• WORK ITEM: The data that follows is to be given again, exactly as written.

• MATERIAL FOR THIS EXERCISE:
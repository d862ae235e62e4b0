//! Reports of schedules with their certificates: their text, and the check that believes nothing but the report itself.
#![tactic(auto)]

mod bound_test;
mod check;
mod cycle;
mod fields;
mod item;
pub mod laws;
mod lines;
mod print;
mod read;
mod report;
mod state;
mod steps;
mod sum;
mod verdict;
mod word;

pub use print::print_report;
pub use read::read_report;
pub use report::{CertErr, Report, ReportBlock};
pub use verdict::certify;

• EXERCISE SOLUTION:
repository d862ae235e62e4b0
//! Reports of schedules with their certificates: their text, and the check that believes nothing but the report itself.
#![tactic(auto)]

mod bound_test;
mod check;
mod cycle;
mod fields;
mod item;
pub mod laws;
mod lines;
mod print;
mod read;
mod report;
mod state;
mod steps;
mod sum;
mod verdict;
mod word;

pub use print::print_report;
pub use read::read_report;
pub use report::{CertErr, Report, ReportBlock};
pub use verdict::certify;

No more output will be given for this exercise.